To determine the right color to show, the extension calls the code hosting API to get the date of last update of a repository, and the Software Heritage API to get the date of the latest archival, so the color shown does reflect exactly what is exposed by these APIs, but this may not be the actual status for a little while.
Choosing your options
The option panel can be opened by clicking on the icon in the browser bar (if it is not in the bar, look for it in the list of active extensions).
This allows you to choose whether to enable the following options:
- Show save request: if selected, this tells the extension to open up a new tab to inspect the save request whenever you issue one by clicking on a yellow or grey button (you can access this very same page anyway by clicking on the button when it turns light green).
- SWH Debug mode: if selected, detailed information on what the extension does is logged in the console of the browser (usually accessible via F12); this is useful for debugging, do not turn it on unless you need it
- GitHub API access token: this text area allows you to paste in a GitHub API access token, useful if you use up the standard GitHub API request quota (which is quite low: 60 requests every 30 minutes only) . If your button starts getting orange after a while, this is your case: please follow the GitHub instruction and create a new token (do not grant it any rights, the extension does not need them!) and paste it here.
- SWH API access token: this text area allows you to paste in your SWH API access token, useful if you use up the standard API request quota. If your button starts getting orange after a while, this is your case: please login or register on the Software Heritage archive first, then create an access token for your extension and paste it here.
- Additional GitLab instances: add here the domain names of other GitLab instances that you want the extension to recognize. One domain name per line, with no prefix or suffix (e.g.: write “src.koda.cnrs.fr”, not “https://src.koda.cnrs.fr/”, see the picture).
- Additional Gitea instances: add here the domain names of other gitea instances that you want the extension to recognize. One domain name per line, with no prefix or suffix.
Be careful: if you paste garbage in the text fields, the extension will not work properly! If in doubt, select all the content of the text areas, erase it to get back to normal operations, and then try again.
Why the install warning “This extension requires access to your data on all websites”?

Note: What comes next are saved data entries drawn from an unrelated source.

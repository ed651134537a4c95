//! How much of the history a look has seen.

/// What a step makes of the changes that its pass has seen, where it is not a change itself.
#[derive(Clone, Copy, Debug, PartialEq, Eq)]
pub enum Front {
    /// Nothing: the step sees no field.
    Stays,
    /// The pass has seen all changes so far.
    Now,
    /// The pass has seen all changes up to the object's seal, and where it is not sealed all so far.
    SealedOrNow,
}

When you install the extension for the first time, you see a warning along these lines: “This extension requires access to your data on all websites“. Let’s explain the meaning of this message and why you should not be scared by it in this particular case.
The updateswh extension needs access to the source code of the website of a software forge for two reasons:
- adding the colored button to the HTML, as a ‘<div>’ element added to the DOM
- monitoring changes to the URL of the webpage when the website manipulates the DOM behind the scenes (e.g. GitHub)
Unfortunately, there is no way to specify that updateswh does only this, so we need to use a match directive with ‘<any_url>’ in it for the scripts that the extension runs, and this triggers the warning message.
In order to get a less scary message, we could restrict the access only to known code hosting platforms, but this would mean preventing you from using the extension on the platforms of your choice (there are thousands of GitLab instances out there!).
So, we decided to go for the scary message in order to give you more functionality, but you can check in the source code that nothing fishy is going on (we do not use javascript distillers or code obfuscators, and you can read the comments).
Contributing
This extension is Open Source, distributed under the terms of the MIT license. The source code is available in the development repository. Contributions are welcome.